In sarcoïdose (synoniemen: goedaardige Schaumann-lymfogranulomatose; ziekte van Besnier-Boeck-Schaumann; syndroom van Besnier-Boeck-Schaumann; syndroom van Besnier-Tennesson; Bilaterale hilarische lymfoom syndroom [Löfgren-syndroom]; Boeck-botziekte; Boeck lupoïde; Boeck sarcoïde; Darier-Roussy sarcoïde; vroeg begin sarcoïdose (EOS); Ziekte van Heerfordt; Ziekte van Heerfordt-Mylius; Heerfordt-Mylius-syndroom; Heerfordt-syndroom; Hutchinson-Boeck-granulomatose; Ziekte van Hutchinson-Boeck; Löfgren-syndroom; longziekte geassocieerd met sarcoïdose; lupus pernio; lymphogranulomatosis benigna; miliarlupoid Boeck; Ziekte van Möller-Boeck; Ziekte van Besnier-Boeck-Schaumann; Ziekte van Besnier-Boeck-Schaumann, lymphogranulomatosis benigna; Ziekte van Boeck; Schaumann-ziekte; Ziekte van Schaumann-Besnier; neurosarcoïdose; ICD-10 D86. -) is een granulomateuze ontsteking. De belangrijkste manifestatiesites zijn de weefselvocht knooppunten van de longen en de long parenchym, die bijna altijd worden aangetast (tot 95% van de gevallen). Bovendien is de huid en ogen.
Acuut sarcoïdose (Löfgren-syndroom ongeveer 10% van de gevallen) kunnen worden onderscheiden van chronische sarcoïdose. Te onderscheiden van beide vormen is Early Onset Sarcoidosis (EOS), die optreedt vóór de leeftijd van vijf.

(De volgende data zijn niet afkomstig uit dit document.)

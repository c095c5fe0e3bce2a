//! The histories of nodes and edges.
ghost use Rattle.std.specs.Prelude.{codes, ◌≡◌, ◌∷◌, ◌++◌, length, map, OnOk};
ghost use Rattle.graph_model.specs.Answer.{edge_kind, history_rows, row_fields};
ghost use Rattle.graph_model.specs.Output.{world_row};
ghost use Rattle.graph_model.specs.RowText.{rows_text};
ghost use Rattle.graph_model.specs.World.{events_of};
ghost use Rattle.graph_model.specs.declared.events.Entity.TheVariants.{Node, Edge};
ghost use Rattle.view_answers.specs.Moments.{moment_rows};
ghost use Rattle.answer_parts.specs.WorldPart.{part_rows};

use crate::answer_rows::add_moment;
use answer_parts::add_world;
use event_rows::RowWriter;
use graph_model::{Bounds, EdgeName, Memory, Name};
use std::alloc::Global;
use std::sync::ledger::Ledger;
use time_column::Steps;
use view_lists::{Moments, edge_moments, node_moments};
use view_trait::View;

/// Adds the part of a world with these bounds whose answer has a row for each event of a history.
fn add_moments(out: &mut RowWriter, bounds: Bounds, moments: &Moments) -> Result<(), Memory>
    ensures { OnOk result (out.new ≡ out.old ++ rows_text (world_row bounds (length moments.now) ∷ map row_fields (moment_rows 0 moments.now))) }
{
    add_world(out, bounds, moments.len())?;
    for i in 0..moments.len() {
        add_moment(out, i, *moments.item(i))?;
    }
    Ok(())
}

/// Adds the part of the world of a view: the events of a node. An unknown one has none.
pub fn add_node_history<V: View, L: Ledger>(
    alloc: Global,
    out: &mut RowWriter,
    view: &V,
    node: &Name,
    steps: &mut Steps<L>,
) -> Result<(), Memory>
    ensures { OnOk result (out.new ≡ out.old ++ rows_text (part_rows (V.world view.now) (history_rows (λ x. codes "node") 0 (events_of (V.world view.now) (Node node.now))))) }
{
    match view.store().node_of(node) {
        Some(n) => {
            let moments = node_moments(alloc, view, n, steps)?;
            add_moments(out, view.bounds(), &moments)
        }
        None => add_world(out, view.bounds(), 0),
    }
}

/// Adds the part of the world of a view: the events of an edge. An unknown one has none.
pub fn add_edge_history<V: View, L: Ledger>(
    alloc: Global,
    out: &mut RowWriter,
    view: &V,
    edge: &EdgeName,
    steps: &mut Steps<L>,
) -> Result<(), Memory>
    ensures { OnOk result (out.new ≡ out.old ++ rows_text (part_rows (V.world view.now) (history_rows edge_kind 0 (events_of (V.world view.now) (Edge edge.now))))) }
{
    match view.store().edge_of(edge) {
        Some(e) => {
            let moments = edge_moments(alloc, view, e, steps)?;
            add_moments(out, view.bounds(), &moments)
        }
        None => add_world(out, view.bounds(), 0),
    }
}
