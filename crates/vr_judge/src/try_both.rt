//! Two values that were made, each of which may have wanted memory.

ghost use Rattle.std.specs.Prelude.{◌≡◌, Ok, IfOk};

use vr_model::NoMemory;

/// Both of two values, or want of memory if making either wanted it. A function that opens several large values joins
/// them by it, two by two. So it ends early at one place for all of them, at which it owns none of them. The values
/// after one that wanted memory are opened all the same.
pub(crate) fn try_both<A: Drop, B: Drop>(
    first: Result<A, NoMemory>,
    second: Result<B, NoMemory>,
) -> Result<(A, B), NoMemory>
    ensures first { IfOk result (λ two. first ≡ Ok two.0) }
    ensures second { IfOk result (λ two. second ≡ Ok two.1) }
{
    let first = first?;
    let second = second?;
    Ok((first, second))
}
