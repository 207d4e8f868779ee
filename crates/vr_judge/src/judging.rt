//! Judging a move by a filter of what it changes, and by the parts of the cost.

ghost use Rattle.std.specs.Prelude.{◌≡◌, ◌+◌, ◌≤◌, IfOk, IsTrue, OnErr, OnOk};
ghost use Rattle.vr_filter.specs.Filters.{IsSameRule, IsSameWeight};
ghost use Rattle.vr_model.specs.moves.Moves.{apply};
ghost use Rattle.vr_model.specs.routes.Rules.{is_valid};
ghost use Rattle.vr_judge.specs.Costs.{StandsCosts};
ghost use Rattle.vr_judge.specs.Verdicts.{verdict_by};
ghost use Rattle.vr_routes.specs.Changes.{after, IsMadeOn};
ghost use Rattle.vr_routes.specs.Pieces.{changed};
ghost use Rattle.vr_judge.specs.Rules.{total_weight};
ghost use Rattle.vr_judge.specs.Standing.{IsJudging};

use crate::costs::Costs;
use std::sync::ledger::Ledger;
use vr_filter::PathFilter;
use vr_model::{Model as RoutingModel, Move, NoMemory, Steps};
use vr_routes::{Change, Judge, Routes, Verdict};

/// Judges a move by a filter whose rule is that the lists are valid, and by the parts of the cost.
#[derive(Drop)]
pub(crate) struct Judging<'m, F: PathFilter + Drop> {
    pub(crate) model: &'m RoutingModel,
    pub(crate) filter: F,
    pub(crate) costs: Costs<'m>,
}

// Judges a change of the lists that a filter and costs are in sync with. The filter says whether the lists are valid
// after it.
fn judge_by<F: PathFilter, L: Ledger>(
    filter: &mut F,
    costs: &mut Costs<'_>,
    routes: &Routes,
    change: &Change,
    steps: &mut Steps<L>,
) -> Result<Verdict, NoMemory>
    requires made { IsMadeOn routes.now change.now }
    requires filter { F.stands_at filter.old routes.now }
    requires rule { F.holds filter.old (changed routes.now.lists change.now)
        ≡ is_valid costs.old.model (changed routes.now.lists change.now) }
    requires costs { StandsCosts costs.old routes.now }
    ensures verdict { IfOk result (λ verdict. verdict
        ≡ verdict_by costs.old.model routes.now.lists (changed routes.now.lists change.now)) }
    ensures count { steps.new ≤ steps.old
        + F.weight filter.old routes.now.lists (changed routes.now.lists change.now) }
    ensures same_rule { IsSameRule (F.holds filter.old) (F.holds filter.new) }
    ensures same_weight { IsSameWeight (F.weight filter.old) (F.weight filter.new) }
    ensures filter { F.stands_at filter.new routes.now }
    ensures model { costs.new.model ≡ costs.old.model }
    ensures costs { StandsCosts costs.new routes.now }
{
    if !filter.passes(routes, change, steps)? {
        return Ok(Verdict::Refused);
    }
    let difference = costs.difference(routes, change)?;
    Ok(Verdict::Difference(difference))
}

// Makes a change of the lists that a filter and costs are in sync with. The lists are valid after it. Filter and costs
// are made ready first; then they and the routes are changed, which takes no memory. If memory is wanting, none is
// changed.
fn commit_by<F: PathFilter>(
    filter: &mut F,
    costs: &mut Costs<'_>,
    routes: &mut Routes,
    change: &Change,
) -> Result<(), NoMemory>
    requires made { IsMadeOn routes.old change.now }
    requires filter { F.stands_at filter.old routes.old }
    requires passes { IsTrue (F.holds filter.old (changed routes.old.lists change.now)) }
    requires costs { StandsCosts costs.old routes.old }
    requires valid { IsTrue (is_valid costs.old.model (changed routes.old.lists change.now)) }
    ensures routes { OnOk result (routes.new ≡ after routes.old change.now) }
    ensures routes_stay { OnErr result (routes.new ≡ routes.old) }
    ensures visits { routes.new.visits ≡ routes.old.visits }
    ensures same_rule { IsSameRule (F.holds filter.old) (F.holds filter.new) }
    ensures same_weight { IsSameWeight (F.weight filter.old) (F.weight filter.new) }
    ensures filter { F.stands_at filter.new routes.new }
    ensures model { costs.new.model ≡ costs.old.model }
    ensures costs { StandsCosts costs.new routes.new }
{
    filter.prepare(routes, change)?;
    costs.commit(routes, change)?;
    filter.commit(routes, change);
    // last: filters and costs still read the lists before the change
    routes.commit(change);
    Ok(())
}

impl<'m, F: PathFilter + Drop> Judge for Judging<'m, F> {
    ghost model = { λ judging. judging.model.now };

    ghost committed = { λ judging tours. IsJudging judging.model.now tours (F.holds judging.filter)
        (F.weight judging.filter) (F.stands_at judging.filter) judging.costs };

    ghost asked = { λ judging. 0 };

    ghost looked = { λ judging. 0 };

    ghost weight = { λ judging lists mv. total_weight judging.model.now lists (apply judging.model.now lists mv) };

    fn routing_model(&self) -> &RoutingModel {
        self.model
    }

    #[inline]
    fn least_difference(&mut self, routes: &Routes, _mv: Move, change: &Change) -> i64 {
        self.costs.least(routes, change)
    }

    #[inline(always)]
    fn first_below(
        &mut self,
        routes: &Routes,
        mv: Move,
        from: u32,
        end: u32,
        bound: i64,
    ) -> Option<u32> {
        self.costs.first_below(routes, mv, from, end, bound)
    }

    fn judge_change<L: Ledger>(
        &mut self,
        routes: &Routes,
        _mv: Move,
        change: &Change,
        steps: &mut Steps<L>,
    ) -> Result<Verdict, NoMemory> {
        judge_by(&mut self.filter, &mut self.costs, routes, change, steps)
    }

    fn commit_change(
        &mut self,
        routes: &mut Routes,
        _mv: Move,
        change: &Change,
    ) -> Result<(), NoMemory> {
        commit_by(&mut self.filter, &mut self.costs, routes, change)
    }
}
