//! The judge of moves that looks only at what a move changes: filters of the rules, and parts of the cost. `filters`
//! makes one filter of all those of a model, those first that ask least (`ranks`). Its rule is that lists of the model
//! are valid. `costs` adds up the parts of the cost. `judging` judges by any filter of that rule and by the costs.
//! `judge` is that over the filters of a model, in one box. Filters and costs are opened together (`try_both`).
//!
//! Invariant (`IsJudging`): filters and costs are in sync with the same valid lists of the model, those of the routes
//! that the judge is handed. It keeps no lists, and the change of a move is lent to it. A commit makes all of them
//! ready before it changes one.
//!
//! `vr_app` opens a judge for each search. Searches ask it for lower bounds of runs of moves and of moves, and then
//! have moves judged and made (`vr_routes::Judge`). Path neighbourhoods have no moves, and ask no bounds of theirs.
//!
//! Start reading at the way down from a tried move: first its lower bound, and if that may be taken, what the judge
//! says.
//!
//! - `least_difference` (`judge`): `Costs::least`, part after part. Soft bounds and spans are bounded without a
//!   schedule (`Earliest::write_after` of `vr_earliest`).
//! - `judge_change` (`judge`): hands the change to the filters and the costs.
//! - `judge_by` (`judging`): refused by the filters, or what is added to the cost.
//! - `passes` (`vr_filter`): `Both` filters, and `Each` of several. Of a dimension it is `DimensionFilter::passes`
//!   (`vr_pathfilters`), by `Loads::can_carry` (`vr_loads`) or along walks (`vr_reach::passes_along`).
//! - `difference` (`costs`): part after part. Soft bounds and spans come from `PlanCost` (`vr_costfilter`), by what is
//!   kept of the committed lists, or else by a schedule (`vr_plan::timing_of`).
#![tactic(auto)]

mod costs;
mod filters;
mod judge;
mod judging;
mod ranks;
mod try_both;

pub use filters::{Filters, filters_of};
pub use judge::FilterJudge;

Volgens de ICD-10 kunnen de volgende vormen van sarcoïdose worden onderscheiden:
- Sarcoïdose van de long (D86.0).
- Sarcoïdose van weefselvocht knooppunten (D86.1)

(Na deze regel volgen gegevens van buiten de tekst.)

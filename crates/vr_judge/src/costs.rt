//! The parts of the cost together.

ghost use Rattle.std.specs.Prelude.{◌≡◌, ℕ, ◌<◌, ◌≤◌, ◌+ℤ◌, ◌-ℤ◌, ◌≤ℤ◌, pos, true, not, IsTrue};
ghost use Rattle.std.specs.Prelude.{Some, IfOk, IfSome, OnOk, OnErr};
ghost use Rattle.vr_model.specs.routes.Costs.{cost};
ghost use Rattle.vr_model.specs.routes.Rules.{is_valid};
ghost use Rattle.vr_model.specs.tables.Tables.{visits};
ghost use Rattle.vr_routes.specs.Changes.{IsMadeOn, after};
ghost use Rattle.vr_routes.specs.Pieces.{changed};
ghost use Rattle.vr_routes.specs.Judging.{IsNoLess};
ghost use Rattle.vr_routes.specs.Runs.{with_last};
ghost use Rattle.vr_model.specs.moves.Kinds.{changes_activity, kind_of};
ghost use Rattle.vr_usecosts.specs.Fixed.{is_some_fixed};
ghost use Rattle.vr_parts.specs.Bounds.{IsAddedByChange};
ghost use Rattle.vr_judge.specs.Costs.{AddArcsBut, PaysArcsAndGroups, StandsCosts};
ghost use Rattle.vr_judge.specs.Costs.{is_least_by_arcs, pays_arcs_and_groups, AreChangesInRange};

use crate::try_both::try_both;
use std::alloc::Global;
use std::marker::Model;
use vr_bounds::BoundedArcs;
use vr_costfilter::{GlobalSpan, PlanCost};
use vr_earliest::{Earlies, Earliest};
use vr_model::{Model as RoutingModel, Move, NoMemory};
use vr_parts::{CostPart, InfallibleCost};
use vr_plan::Lookups;
use vr_routes::{Change, Routes};
use vr_usecosts::{FixedCost, GroupCost};

/// What routes cost, part by part.
#[derive(Drop)]
pub(crate) struct Costs<'m> {
    model: &'m RoutingModel,
    arcs: BoundedArcs<'m>,
    fixed: FixedCost<'m>,
    groups: GroupCost<'m>,
    // soft upper bounds and the spans of lists
    plans: PlanCost<'m>,
    // global spans
    spans: GlobalSpan<'m>,
    // how early vehicles can end lists and how short their spans can be: lower bounds for `plans` and `spans`
    earliest: Earliest<'m>,
    // room for the same of the lists after a change
    earlies: Earlies,
    // whether arcs and groups alone are paid, so that these two tell runs of moves
    arcs_and_groups: bool,
}

impl<'m> Model for Costs<'m> {
    ghost use Rattle.vr_judge.specs.Costs.{KeptCosts};

    ghost Value = { KeptCosts };

    ghost view = { λ costs. record {
      model = costs.model.now;
      arcs = costs.arcs;
      fixed = costs.fixed;
      groups = costs.groups;
      plans = costs.plans;
      spans = costs.spans;
      earliest = costs.earliest;
      arcs_and_groups = costs.arcs_and_groups;
    } };
}

// Whether arcs and groups alone are paid. No vehicle has a fixed cost, and no span or global span has a coefficient. No
// stop has a soft upper bound, not even one with the coefficient 0. These parts then tell no two lists apart.
fn are_idle(fixed: &FixedCost, plans: &PlanCost, spans: &GlobalSpan) -> bool
    requires pays { fixed.now.pays ≡ is_some_fixed fixed.now.model }
    requires plans_model { plans.now.model ≡ fixed.now.model }
    requires spans_model { spans.now.model ≡ fixed.now.model }
    ensures idle { result ≡ pays_arcs_and_groups fixed.now.model }
    ensures alike { IsTrue result → PaysArcsAndGroups fixed.now.model }
{
    fixed.is_idle() && plans.is_idle() && spans.is_idle()
}

// Whether a move leaves each node active that is active, and makes no other active. Moves that put visits elsewhere do
// so.
#[inline(always)]
fn keeps_activity(mv: Move) -> bool
    ensures { result ≡ not (changes_activity (kind_of mv)) }
{
    !mv.neighbourhood().changes_activity()
}

// What all cost terms add together.
#[inline(always)]
fn sum(arcs: i64, fixed: i64, groups: i64, plans: i64, spans: i64) -> i64
    requires { AreChangesInRange arcs fixed groups plans spans }
    ensures { result ≡ arcs +ℤ fixed +ℤ groups +ℤ plans +ℤ spans }
{
    arcs + fixed + groups + plans + spans
}

impl<'m> Costs<'m> {
    /// What valid routes of a model cost, over what was looked up of it. The only refusal is want of memory.
    // Inlined into `FilterJudge::over`, whose values are large too, it would have them moved about once more.
    #[inline(never)]
    pub fn over(
        alloc: Global,
        lookups: &Lookups<'m>,
        routes: &Routes,
    ) -> Result<Costs<'m>, NoMemory>
        requires of_model { routes.now.visits ≡ visits lookups.now.closed.model.now }
        requires valid { IsTrue (is_valid lookups.now.closed.model.now routes.now.lists) }
        ensures model { IfOk result (λ costs. costs.model ≡ lookups.now.closed.model.now) }
        ensures stands { IfOk result (λ costs. StandsCosts costs routes.now) }
    {
        let model = lookups.closed.model;
        let arcs = BoundedArcs::open(alloc, model, routes);
        let groups = GroupCost::open(alloc, model, routes);
        let plans = PlanCost::over(alloc, lookups, routes);
        let spans = GlobalSpan::over(alloc, lookups, routes);
        let earliest = Earliest::open(alloc, model, routes);
        let driven = try_both(arcs, earliest);
        let scheduled = try_both(plans, spans);
        let (groups, (first, second)) = try_both(groups, try_both(driven, scheduled))?;
        let (arcs, earliest) = first;
        let (plans, spans) = second;
        let fixed = FixedCost::of(model);
        let arcs_and_groups = are_idle(&fixed, &plans, &spans);
        Ok(Costs {
            model,
            arcs,
            fixed,
            groups,
            plans,
            spans,
            earliest,
            earlies: Earlies::new(),
            arcs_and_groups,
        })
    }

    // What each move of a run saves at most beside what it adds to the cost of arcs. The moves of a run differ in their
    // last number. What is saved is:
    //
    // - 0 if the committed lists have no penalty to pay, or if moves of the kind leave the penalties as they are;
    // - else the penalties of what the move puts into a list;
    // - or, if each move puts another visit in the place of a node, the greatest that any visit saves, less what that
    //   node saves.
    //
    // `None` if more may be paid than arcs and penalties. If there is a penalty to pay, it is also `None` of moves that
    // only take visits out. So it is then of a pair or place that is not there.
    #[inline(always)]
    fn saved_by_run(&self, routes: &Routes, mv: Move) -> Option<i64>
        requires stands { StandsCosts self.now routes.now }
        ensures known { is_least_by_arcs self.now.model routes.now.lists (kind_of mv) ≡ true → result ≡ Some (pos 0) }
        ensures least { IfSome result (AddArcsBut self.now.model routes.now.lists mv) }
        ensures range { IfSome result IsAddedByChange }
    {
        if !self.arcs_and_groups {
            return None;
        }
        if self.groups.pays_none() || keeps_activity(mv) {
            return Some(0);
        }
        self.groups.saved_at_most_by_run(routes, mv)
    }

    /// Goes over a run of moves of the committed lists, which differ in their last number: those of the numbers from
    /// `from` on, below `end`. Says from which number on some move may make a difference below a bound. What a move
    /// makes is bounded by the cost of arcs, less the most of the penalties that any move of the run saves.
    ///
    /// `None`:
    ///
    /// - if more may be paid than arcs and penalties;
    /// - of moves that only take visits out;
    /// - of some `mv` that is no move (it puts elsewhere a pair that is not served, say);
    /// - if the bound and what is saved together do not fit an `i64`.
    #[inline(always)]
    pub fn first_below(
        &mut self,
        routes: &Routes,
        mv: Move,
        from: u32,
        end: u32,
        bound: i64,
    ) -> Option<u32>
        requires stands { StandsCosts self.old routes.now }
        requires order { from ≤ end }
        ensures from { IfSome result (λ first. from ≤ first) }
        ensures within { IfSome result (λ first. first ≤ end) }
        ensures no_less { IfSome result (λ first. (k : ℕ) → from ≤ k → k < first
            → IsNoLess self.old.model routes.now.lists (with_last mv k) bound) }
        ensures stands { StandsCosts self.new routes.now }
        ensures model { self.new.model ≡ self.old.model }
    {
        let saved = self.saved_by_run(routes, mv)?;
        let enough = bound.checked_add(saved)?;
        self.arcs.first_below(routes, mv, from, end, enough)
    }

    /// What a change of the committed lists adds to their cost.
    pub fn difference(&mut self, routes: &Routes, change: &Change) -> Result<i64, NoMemory>
        requires stands { StandsCosts self.old routes.now }
        requires made { IsMadeOn routes.now change.now }
        requires valid { IsTrue (is_valid self.old.model (changed routes.now.lists change.now)) }
        ensures exact { IfOk result (λ difference. difference
            ≡ cost self.old.model (changed routes.now.lists change.now) -ℤ cost self.old.model routes.now.lists) }
        ensures stands { StandsCosts self.new routes.now }
        ensures model { self.new.model ≡ self.old.model }
    {
        let arcs = self.arcs.added(routes, change);
        let fixed = self.fixed.added(routes, change);
        let groups = self.groups.added(routes, change);
        let plans = self.plans.difference(routes, change)?;
        let spans = self.spans.difference(routes, change)?;
        Ok(sum(arcs, fixed, groups, plans, spans))
    }

    /// A lower bound of what a change of the committed lists adds to their cost, if the lists after it are valid. It is
    /// what arcs and fixed costs add, and the least that groups, soft upper bounds, spans and global spans add.
    pub fn least(&mut self, routes: &Routes, change: &Change) -> i64
        requires stands { StandsCosts self.old routes.now }
        requires made { IsMadeOn routes.now change.now }
        ensures least { IsTrue (is_valid self.old.model (changed routes.now.lists change.now))
            → result ≤ℤ (cost self.old.model (changed routes.now.lists change.now)
            -ℤ cost self.old.model routes.now.lists) }
        ensures stays { self.new ≡ self.old }
    {
        let arcs = self.arcs.added(routes, change);
        let fixed = self.fixed.added(routes, change);
        let groups = self.groups.least(routes, change);
        self.earliest.write_after(routes, change, &mut self.earlies);
        let plans = self.plans.least(&self.earlies, change);
        let spans = self.spans.least(&self.earlies, change);
        sum(arcs, fixed, groups, plans, spans)
    }

    /// Commits the lists after a change. Plans and global spans are made ready first; the other cost terms take no
    /// memory. So if memory is wanting, all stay as before.
    pub fn commit(&mut self, routes: &Routes, change: &Change) -> Result<(), NoMemory>
        requires stands { StandsCosts self.old routes.now }
        requires made { IsMadeOn routes.now change.now }
        requires valid { IsTrue (is_valid self.old.model (changed routes.now.lists change.now)) }
        ensures stands { OnOk result (StandsCosts self.new (after routes.now change.now)) }
        ensures stays { OnErr result (StandsCosts self.new routes.now) }
        ensures model { self.new.model ≡ self.old.model }
    {
        self.plans.prepare(routes, change)?;
        self.spans.prepare(routes, change)?;
        self.arcs.commit_lists(routes, change);
        self.fixed.commit_lists(routes, change);
        self.groups.commit_lists(routes, change);
        self.plans.commit(routes, change);
        self.spans.commit(routes, change);
        self.earliest.commit(routes, change);
        Ok(())
    }
}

- Sarcoïdose van de long met sarcoïdose van de weefselvocht knooppunten (D86.2)
- Sarcoïdose van de huid (D86.3)
- Sarcoïdose van andere en gecombineerde lokalisaties (D86.8)
- Iridocyclitis (H22.1 *) - gecombineerde ontsteking van de iris (iritis) en het corpus ciliare (cyclitis)

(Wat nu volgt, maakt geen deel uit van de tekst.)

//! All filters of a model as one.

ghost use Rattle.std.specs.Prelude.{◌≡◌, ℕ, List, IsTrue, IfOk, length};
ghost use Rattle.vr_model.specs.routes.Rules.{is_valid};
ghost use Rattle.vr_model.specs.tables.Tables.{visits};
ghost use Rattle.vr_judge.specs.Rules.{are_feasible, keeps_rules, total_weight};

use crate::ranks::ranked_dimensions;
use crate::try_both::try_both;
use std::alloc::Global;
use vr_filter::{Both, Each, PathFilter};
use vr_model::NoMemory;
use vr_pathfilters::{DimensionFilter, GroupFilter, PairFilter, VehicleFilter};
use vr_plan::Lookups;
use vr_routes::Routes;

/// The filters of a model: those that ask least come first.
pub type Filters<'m> = Both<
    GroupFilter<'m>,
    Both<VehicleFilter<'m>, Both<PairFilter<'m>, Each<DimensionFilter<'m>>>>,
>;

/// The filters of a model, over what was looked up of it, in sync with these routes. The only refusal is want of
/// memory. [`crate::FilterJudge::over`] alone calls it.
pub fn filters_of<'m>(
    alloc: Global,
    lookups: &Lookups<'m>,
    routes: &Routes,
) -> Result<Filters<'m>, NoMemory>
    requires of_model { routes.now.visits ≡ visits lookups.now.closed.model.now }
    requires valid { IsTrue (is_valid lookups.now.closed.model.now routes.now.lists) }
    ensures rules { IfOk result (λ filters. (lists : List (List ℕ))
        → ⟦<Filters<'static> as PathFilter>⟧.holds filters lists ≡ keeps_rules lookups.now.closed.model.now lists) }
    ensures weights { IfOk result (λ filters. (before later : List (List ℕ))
        → ⟦<Filters<'static> as PathFilter>⟧.weight filters before later
        ≡ total_weight lookups.now.closed.model.now before later) }
    ensures stands { IfOk result (λ filters. ⟦<Filters<'static> as PathFilter>⟧.stands_at filters routes.now) }
{
    let groups = GroupFilter::open(alloc, lookups.closed.model, routes);
    let vehicles = VehicleFilter::over(lookups, routes);
    let pairs = PairFilter::over(lookups, routes);
    let dimensions = filters_of_dimensions(alloc, lookups, routes);
    let front = try_both(groups, vehicles);
    let end = try_both(pairs, dimensions);
    let (front, end) = try_both(front, end)?;
    let (groups, vehicles) = front;
    let (pairs, dimensions) = end;
    Ok(Both {
        a: groups,
        b: Both {
            a: vehicles,
            b: Both {
                a: pairs,
                b: dimensions,
            },
        },
    })
}

// The filters of all dimensions, those that ask least first.
fn filters_of_dimensions<'m>(
    alloc: Global,
    lookups: &Lookups<'m>,
    routes: &Routes,
) -> Result<Each<DimensionFilter<'m>>, NoMemory>
    requires of_model { routes.now.visits ≡ visits lookups.now.closed.model.now }
    requires many { length routes.now.lists ≡ length lookups.now.closed.model.now.vehicles }
    requires feasible { IsTrue (are_feasible lookups.now.closed.model.now routes.now.lists) }
    ensures holds { IfOk result (λ each. (lists : List (List ℕ))
        → ⟦<Each<DimensionFilter<'static>> as PathFilter>⟧.holds each lists
        ≡ are_feasible lookups.now.closed.model.now lists) }
    ensures weight { IfOk result (λ each. (before later : List (List ℕ))
        → ⟦<Each<DimensionFilter<'static>> as PathFilter>⟧.weight each before later
        ≡ total_weight lookups.now.closed.model.now before later) }
    ensures stands { IfOk result (λ each.
        ⟦<Each<DimensionFilter<'static>> as PathFilter>⟧.stands_at each routes.now) }
{
    let order = ranked_dimensions(alloc, lookups.closed)?;
    let mut filters = Vec::with_capacity(alloc, order.len())?;
    for k in 0..order.len() {
        filters.push(DimensionFilter::over(alloc, lookups, order[k], routes)?)?;
    }
    Ok(Each { filters })
}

- Febris uveoparotidea (Herrfordt-syndroom) - chronisch ontsteking van de oorspeekselklier en traanklier.
- Meervoudige hersenzenuwverlamming (G53.2 *).
- Sarcoïde: artropathie / gewrichtsziekte (M14.8 *), myocardiet/hart- spierontsteking (I41.8 *), myositis/spierontsteking (M63.3 *)
- Sarcoïdose, niet gespecificeerd (D86.9).
Andere vormen van sarcoïdose:
- Heerfordt-syndroom: symptoomcomplex van golvend (golvend) koorts, iridocyclitis, parotitis, en verlamming van de aangezichtszenuw (gezichtsverlamming).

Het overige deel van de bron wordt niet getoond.